Manuelabenzoni

Overview

Exploring DeepSeek-R1’s Agentic Capabilities Through Code Actions

I ran a quick experiment examining how DeepSeek-R1 performs on agentic jobs, in spite of not supporting tool usage natively, and I was rather satisfied by preliminary outcomes. This experiment runs DeepSeek-R1 in a single-agent setup, where the design not only prepares the actions but likewise creates the actions as executable Python code. On a subset1 of the GAIA recognition split, DeepSeek-R1 outperforms Claude 3.5 Sonnet by 12.5% outright, from 53.1% to 65.6% correct, and other models by an even bigger margin:

The experiment followed design use guidelines from the DeepSeek-R1 paper and the design card: Don’t use few-shot examples, avoid including a system prompt, and set the temperature level to 0.5 – 0.7 (0.6 was used). You can find more assessment details here.

Approach

DeepSeek-R1‘s strong coding abilities enable it to serve as a representative without being clearly trained for tool use. By permitting the design to produce actions as Python code, it can flexibly interact with environments through code execution.

Tools are carried out as Python code that is consisted of straight in the timely. This can be a simple function meaning or a module of a larger plan – any legitimate Python code. The model then generates code actions that call these tools.
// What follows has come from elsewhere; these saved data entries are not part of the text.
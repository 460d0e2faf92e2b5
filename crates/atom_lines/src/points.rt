//! Atoms at rows and on the gaps between rows, without memory.
ghost use Rattle.std.specs.Prelude.{◌≡◌, ◌<◌, ◌≤◌, ◌^◌, pos, length, IsTrue, false};
ghost use Rattle.std.specs.Int.RustNames.{unsigned_abs};
ghost use Rattle.rational.specs.Rational.{Rational};
ghost use Rattle.rational.specs.Extended.{value_at};
ghost use Rattle.rational.specs.Affine.{IsBounded};
ghost use Rattle.value_laws.specs.Margins.{margin_function, margin_base, is_ramp};
ghost use Rattle.stl_syntax.specs.Trace.{row_time};
ghost use Rattle.atom_lines.specs.Binding.{IsAtomNode};
ghost use Rattle.atom_lines.specs.Points.{IsTruthAt, IsTruthOn, IsMarginAt, IsMarginOn};
ghost use Rattle.atom_lines.specs.Sums.{sum_over, reach, IsAtomSound};

use crate::bound::Bound;
use crate::bound_atom::BoundAtom;
use crate::cells::Cells;
use crate::gap::Gap;
use crate::margin::{margin_at, margin_between};
use crate::sum::{reach_of, reaches_from};
use crate::truth::{TruthPiece, truth_at, truth_between, truth_onward};
use trace_reader::Row;
use value_laws::{Margin, Truth};

/// The gap between two rows, where the sum at the first is `from`, and the sum at the second.
#[inline(always)]
pub(crate) fn gap_on<C: Cells>(
    atom: &BoundAtom,
    first: u32,
    from: i64,
    first_row: &C,
    second: u32,
    second_row: &C,
) -> (Gap, i64)
    requires sound { IsAtomSound (length (C.values first_row.now)) atom.now }
    requires width { length (C.values second_row.now) ≡ length (C.values first_row.now) }
    requires later { first < second }
    requires from { from ≡ reach atom.now (C.values first_row.now) (C.values first_row.now) }
    requires small { unsigned_abs (sum_over atom.now.terms.items (C.values first_row.now) (C.values first_row.now)) ≤ 2 ^ 30 }
    ensures first { result.0.first ≡ first }
    ensures from { result.0.from ≡ reach atom.now (C.values first_row.now) (C.values first_row.now) }
    ensures second { result.0.second ≡ second }
    ensures to { result.0.to ≡ reach atom.now (C.values first_row.now) (C.values second_row.now) }
    ensures next { result.1 ≡ reach atom.now (C.values second_row.now) (C.values second_row.now) }
    ensures small_next { unsigned_abs (sum_over atom.now.terms.items (C.values second_row.now) (C.values second_row.now)) ≤ 2 ^ 30 }
{
    let (to, next) = reaches_from(atom, from, first_row, second_row);
    let gap = Gap {
        first,
        from,
        second,
        to,
    };
    (gap, next)
}

/// The atom's truth at a row.
pub fn truth_point(bound: &Bound, node: u32, row: &Row) -> Truth
    requires atom { IsAtomNode bound.now node }
    requires width { length row.now.values ≡ bound.now.width }
    ensures { IsTruthAt bound.now node row.now result.holds }
{
    let atom = bound.atom(node);
    truth_at(atom.rel, reach_of(atom, row, row))
}

/// The atom's margin at a row, in ticks.
pub fn margin_point(bound: &Bound, node: u32, row: &Row) -> Margin
    requires atom { IsAtomNode bound.now node }
    requires width { length row.now.values ≡ bound.now.width }
    ensures margin { IsMarginAt bound.now node row.now (margin_function result) }
    ensures level { is_ramp result ≡ false }
    ensures within { (t : Rational) → IsBounded (2 ^ 31) (value_at (margin_function result) t) }
{
    let atom = bound.atom(node);
    margin_at(atom.rel, reach_of(atom, row, row))
}

/// The gap between two rows.
fn gap_of(atom: &BoundAtom, first: &Row, second: &Row) -> Gap
    requires sound { IsAtomSound (length first.now.values) atom.now }
    requires width { length second.now.values ≡ length first.now.values }
    requires later { first.now.time < second.now.time }
    ensures first { result.first ≡ first.now.time }
    ensures from { result.from ≡ reach atom.now first.now.values first.now.values }
    ensures second { result.second ≡ second.now.time }
    ensures to { result.to ≡ reach atom.now first.now.values second.now.values }
{
    let from = reach_of(atom, first, first);
    let (gap, _next) = gap_on(atom, first.time(), from, first, second.time(), second);
    gap
}

/// The atom's truth on the open gap between two rows, the second right after the first.
///
/// A split comes exactly where the truth turns over inside the gap. Its time is a fraction with a denominator of at most 2^31.
pub fn truth_piece(bound: &Bound, node: u32, first: &Row, second: &Row) -> TruthPiece
    requires atom { IsAtomNode bound.now node }
    requires first { length first.now.values ≡ bound.now.width }
    requires second { length second.now.values ≡ bound.now.width }
    requires later { first.now.time < second.now.time }
    ensures { IsTruthOn bound.now node first.now second.now result }
{
    let atom = bound.atom(node);
    truth_between(atom.rel, &gap_of(atom, first, second))
}

/// The atom's truth on the open gap between two rows, the second right after the first, and at the second row: in one pass over its terms.
#[inline(always)]
pub fn truth_step(bound: &Bound, node: u32, first: &Row, second: &Row) -> (TruthPiece, Truth)
    requires atom { IsAtomNode bound.now node }
    requires first { length first.now.values ≡ bound.now.width }
    requires second { length second.now.values ≡ bound.now.width }
    requires later { first.now.time < second.now.time }
    ensures piece { IsTruthOn bound.now node first.now second.now result.0 }
    ensures point { IsTruthAt bound.now node second.now result.1.holds }
{
    let atom = bound.atom(node);
    let from = reach_of(atom, first, first);
    let (gap, next) = gap_on(atom, first.time(), from, first, second.time(), second);
    truth_onward(atom.rel, &gap, next)
}

/// The atom's margin on the open gap between two rows, the second right after the first, in ticks: a ramp from the time of the
/// first row on, or a constant where it does not change.
pub fn margin_piece(bound: &Bound, node: u32, first: &Row, second: &Row) -> Margin
    requires atom { IsAtomNode bound.now node }
    requires first { length first.now.values ≡ bound.now.width }
    requires second { length second.now.values ≡ bound.now.width }
    requires later { first.now.time < second.now.time }
    ensures margin { IsMarginOn bound.now node first.now second.now (margin_function result) }
    ensures base { IsTrue (is_ramp result) → margin_base result ≡ pos first.now.time }
    ensures from { IsBounded (2 ^ 31) (value_at (margin_function result) (row_time first.now)) }
    ensures to { IsBounded (2 ^ 31) (value_at (margin_function result) (row_time second.now)) }
{
    let atom = bound.atom(node);
    margin_between(atom.rel, &gap_of(atom, first, second))
}
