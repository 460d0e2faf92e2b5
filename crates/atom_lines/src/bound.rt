//! A formula's atoms over the columns of a header.
ghost use Rattle.std.specs.Prelude.{◌≡◌, ◌<◌, slice_get, Some};

use crate::bound_atom::BoundAtom;
use std::marker::Model;

/// A formula's atoms with a header's columns in place of names, so that rows are read without looking for a name.
#[derive(Drop)]
pub struct Bound {
    width: usize,
    atoms: Vec<Option<BoundAtom>>,
}

impl Model for Bound {
    ghost use Rattle.std.specs.Prelude.{All};
    ghost use Rattle.atom_lines.specs.Binding.{Binding};
    ghost use Rattle.atom_lines.specs.Sums.{IsNodeSound};

    ghost Value = { Binding };

    ghost view = { λ b. record { width = b.width; atoms = b.atoms.items } };

    ghost invariant = { λ b. All (IsNodeSound b.width) b.atoms.items };
}

impl Bound {
    ghost use Rattle.std.specs.Prelude.{All};
    ghost use Rattle.atom_lines.specs.Binding.{IsAtomNode};
    ghost use Rattle.atom_lines.specs.Sums.{IsAtomSound, IsNodeSound};

    pub(crate) fn of(width: usize, atoms: Vec<Option<BoundAtom>>) -> Bound
        requires { All (IsNodeSound width) atoms.items }
        ensures { result ≡ record { width = width; atoms = atoms.items } }
    {
        Bound { width, atoms }
    }

    /// The atom at a node.
    pub(crate) fn atom(&self, node: u32) -> &BoundAtom
        requires { IsAtomNode self.now node }
        ensures at { slice_get self.now.atoms node ≡ Some (Some result.now) }
        ensures sound { IsAtomSound self.now.width result.now }
    {
        match &self.atoms[node as usize] {
            Some(atom) => atom,
            None => unreachable!(),
        }
    }
}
Results from executing these actions feed back to the design as follow-up messages, driving the next actions up until a final response is reached. The agent structure is an easy iterative coding loop that mediates the conversation between the model and its environment.

Conversations

DeepSeek-R1 is used as chat design in my experiment, where the model autonomously pulls extra context from its environment by utilizing tools e.g. by using a search engine or bring information from web pages. This drives the discussion with the environment that continues till a final response is reached.

On the other hand, o1 designs are known to when utilized as chat designs i.e. they don’t attempt to pull context during a discussion. According to the linked post, o1 models carry out best when they have the full context available, with clear directions on what to do with it.

Initially, I also tried a full context in a single prompt method at each step (with results from previous steps consisted of), however this caused considerably lower ratings on the GAIA subset. Switching to the conversational technique explained above, I was able to reach the reported 65.6% efficiency.

This raises an interesting question about the claim that o1 isn’t a chat model – perhaps this observation was more relevant to older o1 designs that did not have tool usage abilities? After all, isn’t tool usage support an essential mechanism for allowing designs to pull additional context from their environment? This conversational approach certainly appears reliable for DeepSeek-R1, though I still require to carry out similar try outs o1 designs.

Generalization

Although DeepSeek-R1 was mainly trained with RL on mathematics and coding tasks, it is remarkable that generalization to agentic tasks with tool usage by means of code actions works so well. This capability to generalize to agentic tasks reminds of recent research by DeepMind that reveals that RL generalizes whereas SFT memorizes, although generalization to tool usage wasn’t investigated because work.

Despite its capability to generalize to tool use, DeepSeek-R1 frequently produces long reasoning traces at each step, compared to other models in my experiments, restricting the usefulness of this design in a single-agent setup. Even simpler tasks sometimes take a long period of time to finish. Further RL on agentic tool usage, be it by means of code actions or not, might be one choice to improve efficiency.

Underthinking

I likewise observed the underthinking phenomon with DeepSeek-R1. This is when a thinking model often switches between various thinking ideas without adequately checking out promising courses to reach a right option. This was a significant factor wiki.rrtn.org for excessively long thinking traces produced by DeepSeek-R1. This can be seen in the recorded traces that are available for download.

Future experiments

I’m also curious about how reasoning models that currently support tool use (like o1, o3, …) perform in a single-agent setup, with and without generating code actions. Recent developments like OpenAI’s Deep Research or Hugging Face’s open-source Deep Research, which also utilizes code actions, look interesting.